Within EDAX, Matt has held several roles, including product management, business development, customer and technical support, engineering, and applications support and development. Matt has published over 70 papers in a variety of application areas. He greatly enjoys the opportunity to interact with scientists, engineers, and microscopists to help expand the role that EBSD plays in materials characterization. In his spare time, Matt enjoys playing golf and pondering if changing the texture of his clubs will affect his final score.
About Will Lenthe
Will Lenthe joined EDAX as the Principal Software Engineer in 2020. He took an interest in electron microscopy as an undergraduate at Lehigh University before completing a Ph.D. at the University of California Santa Barbara (UCSB) in Tresa Pollock’s group.

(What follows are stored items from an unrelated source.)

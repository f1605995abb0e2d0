//! Propagation: what follows from the values by the clauses, one literal after another.
ghost use Rattle.std.specs.Prelude.{◌≡◌, ℕ, ◌+◌, ◌<◌, ◌≤◌, ◌≢◌, ◌⊎◌, ◌++◌, ◌∷◌, [], length, take, IfOk, IfSome, IfNone, IsTrue, OnOk, ◌↔◌, List, Some, None, slice_get};
ghost use Rattle.std.specs.List.{Contains};
ghost use Rattle.sat_check.specs.Clauses.{AreBelow, ClausesAreBelow, opposite_of};
ghost use Rattle.sat_check.specs.Logs.{EntriesAreBelow, known_before};
ghost use Rattle.search_base.specs.Trails.{Shows, falses_of};
ghost use Rattle.search_state.specs.Watches.{IsTrail, AreWatched, AllGuarded, watchers_of};
ghost use Rattle.search_state.specs.Looks.{OtherIs, IsLookedAt, IsRewatched, LookIs, PassIs, Propagates};
ghost use Rattle.sat_check.specs.declared.clause.Lit.{Lit as OneLit};

use crate::placed::PlacedTrail;
use crate::watches::{Pair, Watcher, Watches};
use sat_check::{Clause, Entry, Lit, named};
use search_base::Slot;
use std::alloc::AllocError;

/// What a look at a watcher comes to.
#[derive(Clone, Copy)]
pub(crate) enum Look {
    /// It stays in its list.
    Stays,
    /// It was taken out of its list, and the last took its place.
    Leaves,
    /// The clause of that number is false.
    Conflict(u32),
}

/// Whether the literal is false.
pub(crate) fn is_false(slots: &[Slot], lit: Lit) -> bool
    requires { lit.variable < length slots.now }
    ensures { (falses : List OneLit) → Shows slots.now falses → IsTrue result ↔ Contains falses lit }
{
    let slot = slots[lit.variable as usize];
    slot.assigned && slot.positive == lit.positive
}

/// Whether the literal is true.
pub(crate) fn is_true(slots: &[Slot], lit: Lit) -> bool
    requires { lit.variable < length slots.now }
    ensures { (falses : List OneLit) → Shows slots.now falses → IsTrue result ↔ Contains falses (opposite_of lit) }
{
    is_false(slots, lit.opposite())
}

// The literal that is watched beside this one, if this one is watched.
fn other_of(pair: Pair, lit: Lit) -> Option<Lit>
    ensures { OtherIs pair lit result }
{
    if pair.first == pair.second {
        None
    } else if pair.first == lit {
        Some(pair.second)
    } else if pair.second == lit {
        Some(pair.first)
    } else {
        None
    }
}

// The first literal but this one that isn't false.
fn replacement(slots: &[Slot], lits: &[Lit], other: Lit) -> Option<Lit>
    requires { AreBelow (length slots.now) lits.now }
    ensures found { IfSome result (λ lit. Contains lits.now lit × (lit ≢ other) × ((falses : List OneLit) → Shows slots.now falses → ¬ Contains falses lit)) }
    ensures none { IfNone result ((falses : List OneLit) → Shows slots.now falses → (lit : OneLit) → Contains lits.now lit → (lit ≡ other) ⊎ Contains falses lit) }
{
    for lit in lits {
        if *lit != other && !is_false(slots, *lit) {
            return Some(*lit);
        }
    }
    None
}

impl Watches {
    // Looks at the watcher at that place of the list of a literal that became false.
    fn look(
        &mut self,
        placed: &mut PlacedTrail,
        clauses: &[Clause],
        entries: &[Entry],
        falsified: Lit,
        place: usize,
    ) -> Result<Look, AllocError>
        requires trail { IsTrail (known_before clauses.now entries.now) placed.old }
        requires watched { AreWatched (length placed.old.trail.slots.items) (known_before clauses.now entries.now) self.old }
        requires is_false { Contains (falses_of placed.old.trail.steps.items) falsified }
        requires within { place < length (watchers_of self.old falsified) }
        requires clauses_below { ClausesAreBelow (length placed.old.trail.slots.items) clauses.now }
        requires entries_below { EntriesAreBelow (length placed.old.trail.slots.items) entries.now }
        ensures { IfOk result (LookIs (known_before clauses.now entries.now) placed.old placed.new self.old self.new falsified place) }
    {
        let watcher = self.of(falsified)[place];
        if is_true(placed.trail.slots.as_slice(), watcher.blocker) {
            return Ok(Look::Stays);
        }
        let pair = self.pairs[watcher.index as usize];
        let Some(other) = other_of(pair, falsified) else {
            self.remove(falsified, place);
            return Ok(Look::Leaves);
        };
        if is_true(placed.trail.slots.as_slice(), other) {
            self.block(falsified, place, other);
            return Ok(Look::Stays);
        }
        let look = self.look_on(
            placed,
            clauses,
            entries,
            falsified,
            place,
            watcher.index,
            other,
        )?;
        Ok(look)
    }

    // Looks at the clause itself, of which the other literal that it watches isn't true.
    fn look_on(
        &mut self,
        placed: &mut PlacedTrail,
        clauses: &[Clause],
        entries: &[Entry],
        falsified: Lit,
        place: usize,
        index: u32,
        other: Lit,
    ) -> Result<Look, AllocError>
        requires trail { IsTrail (known_before clauses.now entries.now) placed.old }
        requires watched { AreWatched (length placed.old.trail.slots.items) (known_before clauses.now entries.now) self.old }
        requires is_false { Contains (falses_of placed.old.trail.steps.items) falsified }
        requires at { IsLookedAt self.old falsified place index other }
        requires not_true { ¬ Contains (falses_of placed.old.trail.steps.items) (opposite_of other) }
        requires clauses_below { ClausesAreBelow (length placed.old.trail.slots.items) clauses.now }
        requires entries_below { EntriesAreBelow (length placed.old.trail.slots.items) entries.now }
        ensures { IfOk result (LookIs (known_before clauses.now entries.now) placed.old placed.new self.old self.new falsified place) }
    {
        let Some(lits) = named(clauses, entries, index) else {
            unreachable!()
        };
        if let Some(lit) = replacement(placed.trail.slots.as_slice(), lits, other) {
            self.rewatch(falsified, place, index, other, lit)?;
            return Ok(Look::Leaves);
        }
        if is_false(placed.trail.slots.as_slice(), other) {
            return Ok(Look::Conflict(index));
        }
        placed.assign(other.opposite(), Some(index))?;
        Ok(Look::Stays)
    }

    // The clause watches another literal from now on in place of the one that became false.
    fn rewatch(
        &mut self,
        falsified: Lit,
        place: usize,
        index: u32,
        other: Lit,
        lit: Lit,
    ) -> Result<(), AllocError>
        requires falsified_positive { falsified.variable < length self.old.positive.items }
        requires falsified_negative { falsified.variable < length self.old.negative.items }
        requires positive { lit.variable < length self.old.positive.items }
        requires negative { lit.variable < length self.old.negative.items }
        requires within { place < length (watchers_of self.old falsified) }
        requires index { index < length self.old.pairs.items }
        requires apart { lit ≢ falsified }
        ensures { OnOk result (IsRewatched self.old self.new falsified place index other lit) }
    {
        self.push(
            lit,
            Watcher {
                index,
                blocker: other,
            },
        )?;
        self.remove(falsified, place);
        let aside = self.pairs[index as usize].aside;
        self.pairs[index as usize] = Pair {
            first: other,
            second: lit,
            aside,
        };
        Ok(())
    }

    // Looks at each clause that watches a literal that became false, up to the first conflict.
    fn pass(
        &mut self,
        placed: &mut PlacedTrail,
        clauses: &[Clause],
        entries: &[Entry],
        falsified: Lit,
    ) -> Result<Option<u32>, AllocError>
        requires trail { IsTrail (known_before clauses.now entries.now) placed.old }
        requires watched { AreWatched (length placed.old.trail.slots.items) (known_before clauses.now entries.now) self.old }
        requires is_false { Contains (falses_of placed.old.trail.steps.items) falsified }
        requires clauses_below { ClausesAreBelow (length placed.old.trail.slots.items) clauses.now }
        requires entries_below { EntriesAreBelow (length placed.old.trail.slots.items) entries.now }
        ensures { IfOk result (PassIs (known_before clauses.now entries.now) placed.old placed.new self.old self.new falsified) }
    {
        let mut place = 0;
        while place < self.of(falsified).len() {
            match self.look(placed, clauses, entries, falsified, place)? {
                Look::Stays => place += 1,
                Look::Leaves => {}
                Look::Conflict(index) => return Ok(Some(index)),
            }
        }
        Ok(None)
    }

    /// Propagates the steps from `head` on, and those that come of them, and gives the number of a
    /// clause that is false.
    pub fn propagate(
        &mut self,
        placed: &mut PlacedTrail,
        clauses: &[Clause],
        entries: &[Entry],
        mut head: usize,
    ) -> Result<Option<u32>, AllocError>
        requires trail { IsTrail (known_before clauses.now entries.now) placed.old }
        requires watched { AreWatched (length placed.old.trail.slots.items) (known_before clauses.now entries.now) self.old }
        requires within { head ≤ length placed.old.trail.steps.items }
        requires guarded { AllGuarded (known_before clauses.now entries.now) self.old.pairs.items (falses_of placed.old.trail.steps.items) (falses_of (take head placed.old.trail.steps.items)) }
        requires clauses_below { ClausesAreBelow (length placed.old.trail.slots.items) clauses.now }
        requires entries_below { EntriesAreBelow (length placed.old.trail.slots.items) entries.now }
        ensures { IfOk result (Propagates (known_before clauses.now entries.now) placed.old placed.new self.old self.new) }
    {
        while head < placed.trail.steps.len() {
            let falsified = placed.trail.steps[head].falsified;
            if let Some(conflict) = self.pass(placed, clauses, entries, falsified)? {
                return Ok(Some(conflict));
            }
            head += 1;
        }
        Ok(None)
    }
}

His graduate work included the collection and quantitative analysis of multiple 3D EBSD datasets. As a postdoc in Marc De Graef’s group, he developed a spherical approach to forward model-based EBSD indexing.
References
1. Callahan, P. G., & De Graef, M. (2013). Dynamical electron backscatter diffraction patterns. Part I: Pattern simulations. Microscopy and Microanalysis, 19(5), 1255-1265.
2. Lenthe, W. C., Singh, S., & De Graef, M. (2019). A spherical harmonic transform approach to the indexing of electron back-scattered diffraction patterns. Ultramicroscopy, 207, 112841.
This information has been sourced, reviewed, and adapted from materials provided by EDAX.